Artificial intelligence-driven pharmacovigilance analysis of polypharmacy and adverse events in breast cancer survivors treated with antidepressants.

[BACKGROUND] Breast cancer survivors often require concurrent treatment with antidepressants and anticancer drugs, raising concerns about potential drug-drug interactions and complex safety issues.

[METHODS] This retrospective pharmacovigilance study analyzed adverse event (AE) reports from the FDA Adverse Event Reporting System database spanning from 2014 to 2024. The analysis focused on breast cancer survivors who were receiving five or more concomitant medications and had reported two or more AEs. An artificial intelligence-driven clustering methodology was employed to identify distinct patterns of AE co-reporting.

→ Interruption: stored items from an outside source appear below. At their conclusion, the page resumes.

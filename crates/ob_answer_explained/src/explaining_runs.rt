//! The answers of `explain` on runs and records. Of a module's text they have the beginning: a module of more bytes is too long.

ghost use Rattle.std.specs.Prelude.{◌≡◌, ◌≢◌, false, IfOk, option_map, string_bytes};
ghost use Rattle.ob_answer_explained.specs.Explains.{IsRecordExplained, IsRecordFaultShown, IsRunExplained, IsRunFaultShown, IsRunTold, carry_fault_of_run};
ghost use Rattle.ob_answer_files.specs.Reads.{OfWhole};
ghost use Rattle.ob_answer_explained.specs.CommandTexts.{run_of_text, run_texts_of};
ghost use Rattle.ob_object_perform.specs.Performance as Performs;

use crate::asked_texts::Run;
use crate::explaining::carry_fault_in;
use crate::shown_faults::{carry_shown, shown_name, shown_or};
use ob_answer_files::answered::Answer;
use ob_carry::carrying::CarryFault;
use ob_explained::{Source, run_explanation};
use ob_explained_records::record_explanation;
use ob_fault_lines::run_faults::run_fault_line;
use ob_fault_lines::verify_faults::verify_fault_line;
use ob_interface::NoMemory;
use ob_object_calls::{VerifyFault, verify_text};
use ob_object_perform::{PerformFault, performed};
use std::alloc::{AllocError, Global};

/// The answer to a run.
pub fn explain_run(alloc: Global, run: Run<'_>) -> Result<Answer, NoMemory>
    ensures { IfOk result (OfWhole run.entry.texts.asked.text.now (λ whole. IsRunExplained (run_of_text (run_texts_of run.entry) whole))) }
{
    match performed(alloc, run.texts) {
        Ok((_checked, _record)) => Ok(Answer::printed(alloc, String::from_str(alloc, "ok\n")?)),
        Err(fault) => run_wrong(alloc, run, fault),
    }
}

/// The answer to a fault of a run.
pub fn run_wrong(alloc: Global, run: Run<'_>, fault: PerformFault) -> Result<Answer, NoMemory>
    ensures fault { IfOk result (λ a. IsRunFaultShown (run_texts_of run.entry) fault a) }
    ensures memory { IfOk result (λ _. Performs.is_want_of_memory fault ≡ false) }
{
    if let PerformFault::NoMemory = fault {
        return Err(NoMemory);
    }
    let told = run_told(alloc, run, fault)?;
    let line = run_fault_line(alloc, run.texts.asked.beginning, fault)?;
    Ok(shown_or(alloc, told, line)?)
}

/// What is shown of a fault of a run.
fn run_told(alloc: Global, run: Run<'_>, fault: PerformFault) -> Result<Option<String>, AllocError>
    ensures { IfOk result (λ told. IsRunTold (run_texts_of run.entry) fault (option_map string_bytes told)) }
{
    if let Some(fault) = carry_fault_of_run(fault) {
        return carry_shown(alloc, run.command.calls.from_name, run.record_text, fault);
    }
    let module_shown = shown_name(alloc, run.command.calls.module_name)?;
    let script_shown = shown_name(alloc, run.command.calls.script_name)?;
    let schedule_shown = shown_name(alloc, run.command.schedule_name)?;
    let asked = run.texts.asked;
    let object = Source {
        name: &module_shown,
        text: asked.text,
    };
    let scripts = Source {
        name: &script_shown,
        text: run.texts.scripts,
    };
    let items = Source {
        name: &schedule_shown,
        text: run.texts.schedule,
    };
    run_explanation(
        alloc,
        object,
        scripts,
        items,
        asked.processes,
        asked.budget,
        fault,
    )
}

/// A fault of a run that is one of values that are carried over.
fn carry_fault_of_run(fault: PerformFault) -> Option<CarryFault>
    ensures { result ≡ carry_fault_of_run fault }
{
    match fault {
        PerformFault::Compile(fault) => carry_fault_in(fault),
        _ => None,
    }
}

/// The answer to the name and the beginning of a module's text, and to the name and the text of a record.
pub fn explain_record(
    alloc: Global,
    module_name: &str,
    module: &[u8],
    record_name: &str,
    record: &[u8],
) -> Result<Answer, NoMemory>
    ensures { IfOk result (OfWhole «module».now (λ whole. IsRecordExplained module_name.now whole record_name.now «record».now)) }
{
    match verify_text(alloc, module, record) {
        Ok(()) => Ok(Answer::printed(alloc, String::from_str(alloc, "ok\n")?)),
        Err(fault) => record_wrong(alloc, module_name, module, record_name, record, fault),
    }
}

/// The answer to a fault of a record.
pub(crate) fn record_wrong(
    alloc: Global,
    module_name: &str,
    module: &[u8],
    record_name: &str,
    record: &[u8],
    fault: VerifyFault,
) -> Result<Answer, NoMemory>
    ensures fault { IfOk result (λ a. IsRecordFaultShown module_name.now «module».now record_name.now «record».now fault a) }
    ensures memory { IfOk result (λ _. fault ≢ VerifyFault.NoMemory) }
{
    if let VerifyFault::NoMemory = fault {
        return Err(NoMemory);
    }
    let module_shown = shown_name(alloc, module_name)?;
    let record_shown = shown_name(alloc, record_name)?;
    let object = Source {
        name: &module_shown,
        text: module,
    };
    let file = Source {
        name: &record_shown,
        text: record,
    };
    let told = record_explanation(alloc, object, file, fault)?;
    let line = verify_fault_line(alloc, fault)?;
    Ok(shown_or(alloc, told, line)?)
}
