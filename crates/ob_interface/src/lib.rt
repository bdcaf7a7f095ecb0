//! What an object takes and gives, in no language: scalars, calls and replies, what its exports take, and want of memory.
#![tactic(auto)]

pub mod call;
pub mod export;
pub mod no_memory;
pub mod processes;
pub mod scalar;

pub use no_memory::NoMemory;
pub use processes::MOST_PROCESSES;
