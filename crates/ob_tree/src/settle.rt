//! How work is opened, until the task in front is not silent.

ghost use Rattle.std.specs.Prelude.{◌≡◌};
ghost use Rattle.ob_layout.specs.Layout.{block_in};
ghost use Rattle.ob_tree_tasks.specs.Opening.{CanBeOpened};
ghost use Rattle.ob_tree_tasks.specs.WorkTasks.{with_tasks};
ghost use Rattle.ob_tree_law.specs.Work.{opened};

use ob_layout::Layout;
use ob_tree_tasks::{WorkList, open};

/// Opens silent tasks in front, until there is none.
pub fn settle<'a>(work: &mut WorkList<'a>, layout: &'a Layout)
    requires { CanBeOpened (block_in layout.now) work.old }
    ensures { work.new ≡ with_tasks work.old (opened (block_in layout.now) work.old.tasks) }
{
    while work.is_silent() {
        open(work, layout);
    }
}
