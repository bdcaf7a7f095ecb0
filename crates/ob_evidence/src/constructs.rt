//! The constructs that are open at a place, and what an END before it closes.

ghost use Rattle.std.specs.Prelude.{◌≡◌, None, Some};
ghost use Rattle.ob_explain_tokens.specs.Open.{IsOpenConstruct};
ghost use Rattle.ob_evidence.specs.Constructs.{AreOpen, AreShown, IsInner, IsOpen, inner_of, opening_of};
ghost use Rattle.ob_evidence.specs.Sites.{rest_of, scene_of};

use crate::text_site::{Site, is_kind, kind_of, rest_of};
use ob_explain_sentences::table_rows::Fact;
use ob_explain_tokens::actuals::ends_call;
use ob_explain_tokens::open::{else_if, is_unit, open_construct};
use ob_scan::{Kind, Token};

/// What constructs show at a place: a fact, the token that opens the construct, and an IF behind an ELSE in it.
#[derive(Clone, Copy)]
pub struct Shown {
    pub fact: Fact,
    pub opening: Option<Token>,
    pub inner: Option<Token>,
}

/// What the constructs around a place show, where tokens of these kinds could stand.
pub fn shown_there(site: &Site<'_, '_>, could: &[Kind]) -> Option<Shown>
    ensures { AreShown (scene_of site.now) result }
{
    match behind_end(site) {
        Some(shown) => Some(shown),
        None => of_open(site, could),
    }
}

/// What the END before a place shows.
fn behind_end(site: &Site<'_, '_>) -> Option<Shown>
    ensures { AreOpen (rest_of site.now.before.now) result }
{
    if is_kind(site.last(), Kind::End) {
        of_end(site, rest_of(site.before))
    } else {
        None
    }
}

/// What an END shows behind these tokens.
fn of_end(site: &Site<'_, '_>, before: &[Token]) -> Option<Shown>
    ensures { AreOpen before.now result }
{
    match open_construct(before) {
        Some(opening) => of_closed(site, before, opening),
        None => None,
    }
}

/// What the END shows that closes what this token opens, behind these tokens.
fn of_closed(site: &Site<'_, '_>, before: &[Token], opening: Token) -> Option<Shown>
    requires { IsOpenConstruct before.now (Some opening) }
    ensures { AreOpen before.now result }
{
    if is_unit(opening.kind) {
        let fact = if is_behind_until(before) {
            Fact::UntilBefore
        } else {
            Fact::UnitEnded
        };
        Some(Shown {
            fact,
            opening: Some(opening),
            inner: None,
        })
    } else if is_open_name(site, before) {
        Some(Shown {
            fact: Fact::OuterName,
            opening: Some(opening),
            inner: inner_if(before, opening),
        })
    } else if is_repeated(site) {
        Some(Shown {
            fact: Fact::Repeated,
            opening: None,
            inner: None,
        })
    } else {
        None
    }
}

/// What is still open behind the END before a name, where that name is the one of a module or procedure around it.
pub fn open_around(site: &Site<'_, '_>) -> Option<Token>
    ensures { IsOpen (rest_of site.now.before.now) result None }
{
    let before = rest_of(site.before);
    if is_open_name(site, before) {
        open_construct(before)
    } else {
        None
    }
}

/// What the construct shows that is open at the place and could be closed there, or is a record before the declaration of a type.
fn of_open(site: &Site<'_, '_>, could: &[Kind]) -> Option<Shown>
    ensures { AreOpen site.now.before.now result }
{
    match open_construct(site.before) {
        Some(opening) if opening.kind == Kind::Record && begins_type(site) => Some(Shown {
            fact: Fact::StillOpen,
            opening: Some(opening),
            inner: None,
        }),
        Some(opening) if could.contains(&closing(opening.kind)) => of_opening(site, opening),
        _ => None,
    }
}

/// Whether a `=` stands there, and behind it the type of arrays or records.
fn begins_type(site: &Site<'_, '_>) -> bool {
    is_kind(site.here(), Kind::Equal)
        && (is_kind(site.next(), Kind::Array) || is_kind(site.next(), Kind::Record))
}

/// What the construct shows that this token opens.
fn of_opening(site: &Site<'_, '_>, opening: Token) -> Option<Shown>
    requires { IsOpenConstruct site.now.before.now (Some opening) }
    ensures { AreOpen site.now.before.now result }
{
    if is_outside(opening.kind, kind_of(site.here())) {
        Some(Shown {
            fact: Fact::StillOpen,
            opening: Some(opening),
            inner: inner_if(site.before, opening),
        })
    } else if is_no_if(site, opening.kind) {
        Some(Shown {
            fact: Fact::NoIf,
            opening: None,
            inner: None,
        })
    } else {
        None
    }
}

/// The first IF behind an ELSE in what a token opens, of tokens that go back; none in a module or a procedure.
fn inner_if(before: &[Token], opening: Token) -> Option<Token>
    ensures { IsInner before.now opening result }
{
    if is_unit(opening.kind) {
        None
    } else {
        else_if(before, opening.start)
    }
}

/// Whether an ELSE or ELSIF stands there, and no IF is open.
fn is_no_if(site: &Site<'_, '_>, opening: Kind) -> bool {
    is_unit(opening) && (is_kind(site.here(), Kind::Else) || is_kind(site.here(), Kind::Elsif))
}

/// The token that opens the construct that is shown.
pub fn opening_of(shown: Option<Shown>) -> Option<Token>
    ensures { result ≡ opening_of shown }
{
    match shown {
        Some(shown) => shown.opening,
        None => None,
    }
}

/// The IF that is shown in it.
pub fn inner_of(shown: Option<Shown>) -> Option<Token>
    ensures { result ≡ inner_of shown }
{
    match shown {
        Some(shown) => shown.inner,
        None => None,
    }
}

/// Whether the name at a place is that of a module or procedure that is open behind tokens that go back.
fn is_open_name(site: &Site<'_, '_>, before: &[Token]) -> bool {
    let word = site.word();
    let mut around = before;
    let mut behind: Option<Token> = None;
    for _ in 0..before.len() {
        let Some(opening) = open_construct(around) else {
            return false;
        };
        let (inside, from) = parted_at(around, opening);
        let name = inside.last().copied().or(behind);
        if is_unit(opening.kind) && site.word_of(name) == word {
            return true;
        }
        behind = Some(opening);
        around = rest_of(from);
    }
    false
}

/// Tokens up to one of them, and those from this one on.
fn parted_at(tokens: &[Token], token: Token) -> (&[Token], &[Token]) {
    let place = token.start;
    let count = tokens
        .iter()
        .take_while(|other| other.start != place)
        .count();
    tokens.split_at(count.min(tokens.len()))
}

/// Whether the last of these tokens that ends statements is an UNTIL.
fn is_behind_until(before: &[Token]) -> bool {
    is_kind(
        before.iter().copied().find(|token| ends_call(token.kind)),
        Kind::Until,
    )
}

/// Whether an IF or WHILE stands there without a condition.
fn is_repeated(site: &Site<'_, '_>) -> bool {
    let begins = is_kind(site.here(), Kind::If) || is_kind(site.here(), Kind::While);
    match site.next() {
        Some(token) => begins && ends_call(token.kind),
        None => begins,
    }
}

/// Whether a token, or the end of the text, stands in no such construct.
fn is_outside(opening: Kind, here: Option<Kind>) -> bool {
    let Some(here) = here else {
        return true;
    };
    let is_further = matches!(here, Kind::Procedure | Kind::Begin);
    match opening {
        Kind::Module => false,
        Kind::Procedure => is_further,
        Kind::Record => is_further || matches!(here, Kind::Const | Kind::Type | Kind::Var),
        _ => is_further || matches!(here, Kind::End | Kind::Until | Kind::Else | Kind::Elsif),
    }
}

/// What closes a construct.
fn closing(opening: Kind) -> Kind {
    if opening == Kind::Repeat {
        Kind::Until
    } else {
        Kind::End
    }
}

[RESULT] Among 12 076 eligible patients, representing 255 020 medication records and 89 369 AE records, three distinct patient subgroups (2.1% of the total) with unique AE co-reporting profiles were identified. The patients in Cluster 1, predominantly middle-aged males, mainly treated with mirtazapine, antipsychotics, chemotherapy, and anti-HER2 monoclonal antibodies, showed high co-reporting rates for gastrointestinal symptoms, extrapyramidal disorders, peripheral neuropathy, and seizures. The patients in Cluster 2, comprising young females, mainly used citalopram combined with chemotherapy and anti-HER2 drugs, co-reported severe gastrointestinal AEs. The patients in Cluster 3, consisting of middle-aged to elderly females, mainly received citalopram, chemotherapy, anti-HER2 monoclonal antibodies, and steroid hormone drugs exhibited extremely high co-reporting rates of respiratory AEs.

[CONCLUSION] Certain polypharmacy regimens with antidepressants in specific breast cancer survivor subgroups may lead to complex safety signals. Personalized risk evaluation and vigilant medication safety strategies are crucial for these distinct, non-representative patients.